* [PROMPT] Only the lines from the one containing "let object: Box<dyn" to the end of the entries should be written out, each exactly as it stands, both ends included.

* [Items from a dataset]

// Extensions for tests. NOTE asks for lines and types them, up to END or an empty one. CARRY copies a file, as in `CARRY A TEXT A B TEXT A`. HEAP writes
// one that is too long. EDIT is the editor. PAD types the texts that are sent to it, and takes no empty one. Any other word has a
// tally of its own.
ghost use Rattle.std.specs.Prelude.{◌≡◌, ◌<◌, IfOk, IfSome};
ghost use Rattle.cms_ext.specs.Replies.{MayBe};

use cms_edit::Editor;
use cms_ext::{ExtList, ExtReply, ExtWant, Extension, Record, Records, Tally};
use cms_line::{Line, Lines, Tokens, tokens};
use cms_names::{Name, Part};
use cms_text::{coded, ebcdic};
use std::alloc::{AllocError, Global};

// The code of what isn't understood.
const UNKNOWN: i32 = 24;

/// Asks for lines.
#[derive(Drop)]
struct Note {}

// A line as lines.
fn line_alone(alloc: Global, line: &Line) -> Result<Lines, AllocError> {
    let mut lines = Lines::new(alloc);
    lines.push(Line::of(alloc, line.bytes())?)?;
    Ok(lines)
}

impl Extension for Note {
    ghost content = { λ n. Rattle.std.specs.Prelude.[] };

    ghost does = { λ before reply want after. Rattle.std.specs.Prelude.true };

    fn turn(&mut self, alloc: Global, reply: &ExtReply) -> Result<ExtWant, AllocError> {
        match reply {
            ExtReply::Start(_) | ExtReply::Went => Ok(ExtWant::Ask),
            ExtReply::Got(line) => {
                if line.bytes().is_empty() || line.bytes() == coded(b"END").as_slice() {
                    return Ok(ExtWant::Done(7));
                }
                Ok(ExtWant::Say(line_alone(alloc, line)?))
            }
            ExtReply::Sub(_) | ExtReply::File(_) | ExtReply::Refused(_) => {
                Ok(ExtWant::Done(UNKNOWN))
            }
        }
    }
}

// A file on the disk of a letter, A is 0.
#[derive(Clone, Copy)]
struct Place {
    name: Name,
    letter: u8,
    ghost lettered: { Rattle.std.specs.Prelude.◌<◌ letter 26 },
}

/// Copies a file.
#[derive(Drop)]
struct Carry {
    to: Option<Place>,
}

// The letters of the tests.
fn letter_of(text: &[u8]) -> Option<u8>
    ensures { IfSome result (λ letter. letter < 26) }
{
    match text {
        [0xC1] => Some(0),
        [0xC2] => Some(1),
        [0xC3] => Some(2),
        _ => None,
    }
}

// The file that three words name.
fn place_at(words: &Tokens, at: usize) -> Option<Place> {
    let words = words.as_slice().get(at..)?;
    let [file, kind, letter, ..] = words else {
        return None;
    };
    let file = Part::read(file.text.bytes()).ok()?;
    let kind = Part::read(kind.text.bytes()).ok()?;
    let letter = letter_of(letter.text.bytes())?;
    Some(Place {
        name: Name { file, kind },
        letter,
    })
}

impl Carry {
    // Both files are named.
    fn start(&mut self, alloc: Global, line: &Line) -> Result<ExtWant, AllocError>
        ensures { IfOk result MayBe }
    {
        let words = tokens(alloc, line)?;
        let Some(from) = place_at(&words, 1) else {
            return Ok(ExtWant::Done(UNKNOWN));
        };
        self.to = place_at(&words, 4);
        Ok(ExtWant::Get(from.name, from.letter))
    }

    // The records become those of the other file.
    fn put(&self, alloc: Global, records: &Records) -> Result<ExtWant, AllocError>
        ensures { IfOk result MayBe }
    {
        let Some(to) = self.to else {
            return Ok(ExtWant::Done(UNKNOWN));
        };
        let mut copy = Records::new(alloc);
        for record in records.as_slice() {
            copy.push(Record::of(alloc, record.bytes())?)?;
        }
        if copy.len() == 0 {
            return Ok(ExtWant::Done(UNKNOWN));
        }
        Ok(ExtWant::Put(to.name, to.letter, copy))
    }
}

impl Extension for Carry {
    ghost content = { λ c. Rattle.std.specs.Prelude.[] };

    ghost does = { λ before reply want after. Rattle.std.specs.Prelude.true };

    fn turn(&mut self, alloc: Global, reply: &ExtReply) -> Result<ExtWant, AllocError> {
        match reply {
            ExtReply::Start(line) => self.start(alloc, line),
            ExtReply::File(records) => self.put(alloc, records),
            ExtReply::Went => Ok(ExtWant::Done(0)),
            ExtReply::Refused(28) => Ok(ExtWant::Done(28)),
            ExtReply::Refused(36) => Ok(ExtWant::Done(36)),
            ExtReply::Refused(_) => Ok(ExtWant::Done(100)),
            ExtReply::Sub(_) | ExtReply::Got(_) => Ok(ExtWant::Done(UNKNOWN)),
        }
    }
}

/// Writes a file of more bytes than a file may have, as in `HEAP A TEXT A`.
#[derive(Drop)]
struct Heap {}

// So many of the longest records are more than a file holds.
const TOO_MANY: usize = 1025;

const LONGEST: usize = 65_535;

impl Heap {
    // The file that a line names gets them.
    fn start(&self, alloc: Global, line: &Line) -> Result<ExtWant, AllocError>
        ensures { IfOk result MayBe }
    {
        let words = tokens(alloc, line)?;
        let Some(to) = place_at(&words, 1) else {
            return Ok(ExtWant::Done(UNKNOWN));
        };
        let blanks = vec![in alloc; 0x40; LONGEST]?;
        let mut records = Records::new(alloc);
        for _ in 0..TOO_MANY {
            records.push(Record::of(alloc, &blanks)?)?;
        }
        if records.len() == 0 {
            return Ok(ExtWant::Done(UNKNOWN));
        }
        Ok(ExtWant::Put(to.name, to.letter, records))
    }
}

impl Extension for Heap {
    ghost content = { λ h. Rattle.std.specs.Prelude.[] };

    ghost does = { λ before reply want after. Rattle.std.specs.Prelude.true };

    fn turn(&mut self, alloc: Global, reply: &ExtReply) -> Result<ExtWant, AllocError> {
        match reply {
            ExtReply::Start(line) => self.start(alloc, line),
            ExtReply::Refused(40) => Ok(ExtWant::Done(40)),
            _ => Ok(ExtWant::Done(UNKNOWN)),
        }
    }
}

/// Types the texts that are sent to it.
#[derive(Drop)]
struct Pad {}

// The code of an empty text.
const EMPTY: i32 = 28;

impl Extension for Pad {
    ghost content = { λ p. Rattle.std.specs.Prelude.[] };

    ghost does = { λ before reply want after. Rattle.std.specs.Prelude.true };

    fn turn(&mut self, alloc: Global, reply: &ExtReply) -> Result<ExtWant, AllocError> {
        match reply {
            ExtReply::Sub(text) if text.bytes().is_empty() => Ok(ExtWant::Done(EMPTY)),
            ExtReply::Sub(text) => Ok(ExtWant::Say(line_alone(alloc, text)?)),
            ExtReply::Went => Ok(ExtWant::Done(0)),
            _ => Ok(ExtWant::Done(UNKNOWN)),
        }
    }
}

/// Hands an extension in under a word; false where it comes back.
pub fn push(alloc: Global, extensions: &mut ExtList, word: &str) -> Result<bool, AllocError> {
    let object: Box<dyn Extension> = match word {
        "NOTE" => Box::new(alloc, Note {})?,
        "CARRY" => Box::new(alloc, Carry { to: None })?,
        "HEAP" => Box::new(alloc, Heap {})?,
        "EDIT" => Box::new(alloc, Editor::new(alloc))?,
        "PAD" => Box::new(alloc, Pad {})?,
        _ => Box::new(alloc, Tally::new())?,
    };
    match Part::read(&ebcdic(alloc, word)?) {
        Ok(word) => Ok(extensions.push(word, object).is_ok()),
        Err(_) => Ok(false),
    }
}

* [TASK OUTPUT]
    let object: Box<dyn Extension> = match word {
        "NOTE" => Box::new(alloc, Note {})?,
        "CARRY" => Box::new(alloc, Carry { to: None })?,
        "HEAP" => Box::new(alloc, Heap {})?,
        "EDIT" => Box::new(alloc, Editor::new(alloc))?,
        "PAD" => Box::new(alloc, Pad {})?,
        _ => Box::new(alloc, Tally::new())?,
    };
    match Part::read(&ebcdic(alloc, word)?) {
        Ok(word) => Ok(extensions.push(word, object).is_ok()),
        Err(_) => Ok(false),
    }
}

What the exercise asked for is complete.